Eventuele planschade komt voor rekening van de gemeente Simpelveld.

Hoofdstuk 8 Afweging belangen en conclusies

De gemeente Simpelveld wenst in het kader van de Parkstad Route binnen haar grondgebied een fietsverbinding te realiseren. Deze fietsverbinding kan worden onderverdeeld in vijf trajectdelen. Trajectdeel 5 ziet toe op de gronden aan de Vroenkuilerweg en de aansluiting op het stationsemplacement ZLSM. Het inrichten en gebruiken van trajectdeel 5 is niet rechtstreeks toegestaan op grond van het ter plekke vigerende bestemmingsplan.

Medewerking aan het project kan worden verleend door toepassing van de procedure voor het afwijken van het bestemmingsplan ex artikel 2.1, eerste lid, onder c van de Wabo. Dit is op basis van artikel 2.12, lid 1, onder a, sub 3 Wabo mogelijk indien de activiteit niet in strijd is met een goede ruimtelijke ordening en de motivering van het besluit een goede ruimtelijke onderbouwing bevat. Voorliggend document voorziet in de voor deze procedure vereiste ruimtelijke onderbouwing.

In voorliggende ruimtelijke onderbouwing is ingegaan op het beleid en de diverse relevante omgevingsaspecten vanuit oogpunt van een goede ruimtelijke ordening.

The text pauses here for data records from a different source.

// The settled form of given parts.
ghost use Rattle.std.specs.Prelude.{◌≡◌, ◌≢◌, IfOk, IsTrue, [], List as Listed};
ghost use Rattle.cite_schema.specs.Answers.{Alike};
ghost use Rattle.cite_schema.specs.Headings.{is_heading};
ghost use Rattle.cite_schema.specs.declared.schema.Column as schema_column;
ghost use Rattle.subset_query.specs.Forms.{formed, in_sets, IsSettled, are_sets_for, AreShownIn, AreColumnsIn};

use crate::fixed::{fixed_values, labels_of, settled_items};
use crate::form::{ColumnSet, Normal};
use crate::order::needed_order;
use cite_schema::{Dir, Item, List, NoMemory, Schema};
use std::alloc::Global;

/// The settled form that gives the same bytes as the parts on every table of the schema: the rows whose cells are in
/// the sets, in the order of `order` and then of the key, each shown by the items.
///
/// - Where a set is empty no row is chosen, and only the labels are left.
/// - A column that its set fixes to one value is shown as a constant, and orders nothing.
/// - An order names no column twice, ends at the key at the latest, and ends as soon as every column that is shown has
///   occurred. Where the key is fixed, or no column is shown, it is empty.
pub fn settle_form(
    alloc: Global,
    schema: &Schema,
    sets: List<ColumnSet>,
    items: List<Item>,
    order: List<Dir>,
) -> Result<Normal, NoMemory>
    requires sets { IsTrue (are_sets_for schema.now.columns sets) }
    requires some_item { items ≢ [] }
    requires items_known { AreShownIn schema.now.columns items }
    requires order_known { AreColumnsIn schema.now.columns order }
    ensures settled { IfOk result (λ form. IsSettled schema.now.columns form) }
    ensures alike { IfOk result (λ form. Alike schema.now.columns (record { keeps = in_sets sets; order = order; items = items }) (formed form)) }
{
    let _columns = schema.columns();
    let form = settle_parts(alloc, sets, items, order)?;
    Ok(form)
}

/// The same without a schema: the form is settled, and gives the bytes of the parts, for all columns that they fit. The
/// texts are moved, but for the constants of fixed columns.
pub fn settle_parts(
    alloc: Global,
    sets: List<ColumnSet>,
    items: List<Item>,
    order: List<Dir>,
) -> Result<Normal, NoMemory>
    ensures settled { IfOk result (λ form. (columns : Listed schema_column.Column) → IsTrue (is_heading columns) → IsTrue (are_sets_for columns sets) → items ≢ [] → AreShownIn columns items → AreColumnsIn columns order → IsSettled columns form) }
    ensures alike { IfOk result (λ form. (columns : Listed schema_column.Column) → IsTrue (are_sets_for columns sets) → Alike columns (record { keeps = in_sets sets; order = order; items = items }) (formed form)) }
{
    let Some(fixed) = fixed_values(alloc, sets.as_slice())? else {
        let labels = labels_of(alloc, items)?;
        return Ok(Normal::Nothing { labels });
    };
    let items = settled_items(alloc, items, fixed.as_slice())?;
    let order = needed_order(items.as_slice(), order, fixed.as_slice())?;
    Ok(Normal::Some { sets, items, order })
}

#[cfg(test)]
mod tests;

Tegen de realisering van het project bestaat vanuit ruimtelijk en stedenbouwkundig oogpunt geen bezwaar aangezien aan de volgende uitgangspunten c.q. randvoorwaarden wordt voldaan:

    • 1. het project heeft geen negatieve ruimtelijke effecten omdat de fietsroute wordt beoogd over bestaande wegen en paden, waardoor geen extra ruimtebeslag noodzakelijk is voor de realisatie van het voornemen;
    • 2. het project is niet strijdig met het Rijks-, provinciale en regionale beleid;
    • 3. het project past binnen het gemeentelijke beleid en voldoet aan de door de gemeente gestelde randvoorwaarden;
    • 4. door de realisering van het project treden er geen conflicterende belangen op ten aanzien van bedrijven en woningen in de omgeving;
    • 5. de milieuaspecten bodem, geluid, milieuzonering, luchtkwaliteit en externe veiligheid vormen geen beletsel voor de realisatie van het project;
    • 6. het project heeft geen negatieve invloed op de aspecten archeologie, kabels en leidingen, verkeer en parkeren, waterhuishouding, en natuur en landschap;
    • 7. de financiële consequenties van het project worden volledig gedragen door de gemeente Simpelveld.

Op grond van vorenstaande overwegingen kan worden geconcludeerd dat het voorgenomen project niet bezwaarlijk is.